-- TO DO --
Go to the line containing "let mut squares = Vec::new(alloc);" in the records below and retype from there through the final line, exactly.

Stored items
//! The board before a line, square by square, with those of a play marked.
ghost use Rattle.std.specs.Prelude.{◌≡◌, IfOk};
ghost use Rattle.explain_clues.specs.Boards.{covers, is_marked, shown_square, shown_squares};

use game_board::square_mark;
use gcg_read::EventKind;
use ref_board::{Board, Dir, SIDE, Square};
use ref_tiles::{Rules, SQUARES};
use std::alloc::{AllocError, Global};

/// A square of a board as it is shown.
#[derive(Clone, Copy)]
pub struct ShownSquare {
    /// The letter of its tile, a capital, or a small one for a blank; if it is empty, the mark of its premium.
    pub mark: u8,
    /// Whether the play covers it.
    pub is_marked: bool,
}

/// Whether a text of `many` symbols covers a square: one on its line, from its first square on.
fn covers(at: Square, dir: Dir, many: usize, square: Square) -> bool
    ensures { result ≡ covers at dir many square }
{
    let first = at.place(dir);
    let place = square.place(dir);
    square.line(dir) == at.line(dir) && first <= place && place - first < many
}

/// Whether a square is one of those that the play of an event covers.
fn is_marked(kind: &EventKind, square: Square) -> bool
    ensures { result ≡ is_marked kind.now square }
{
    match kind {
        EventKind::Play { at, dir, word } => covers(*at, *dir, word.as_slice().len(), square),
        _ => false,
    }
}

/// A square of a board as it is shown.
fn shown_square(rules: &Rules, board: &Board, kind: &EventKind, square: Square) -> ShownSquare
    ensures { result ≡ shown_square rules.now board.now kind.now square }
{
    ShownSquare {
        mark: square_mark(rules, board, square),
        is_marked: is_marked(kind, square),
    }
}

/// The squares of a board, row by row from 1A, with those that the play of an event covers marked.
///
/// It fails only if memory runs out.
#[tactic(auto, unfolding(crate::specs::Boards::shown_squares))]
pub fn shown_board(
    alloc: Global,
    rules: &Rules,
    board: &Board,
    kind: &EventKind,
) -> Result<Vec<ShownSquare>, AllocError>
    ensures { IfOk result (λ squares. squares.items ≡ shown_squares rules.now board.now kind.now) }
{
    let mut squares = Vec::new(alloc);
    for number in 0..SQUARES {
        let square = Square::on_line(Dir::Across, number / SIDE, number % SIDE);
        squares.push(shown_square(rules, board, kind, square))?;
    }
    Ok(squares)
}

-- ANSWER TO THIS PROBLEM --
    let mut squares = Vec::new(alloc);
    for number in 0..SQUARES {
        let square = Square::on_line(Dir::Across, number / SIDE, number % SIDE);
        squares.push(shown_square(rules, board, kind, square))?;
    }
    Ok(squares)
}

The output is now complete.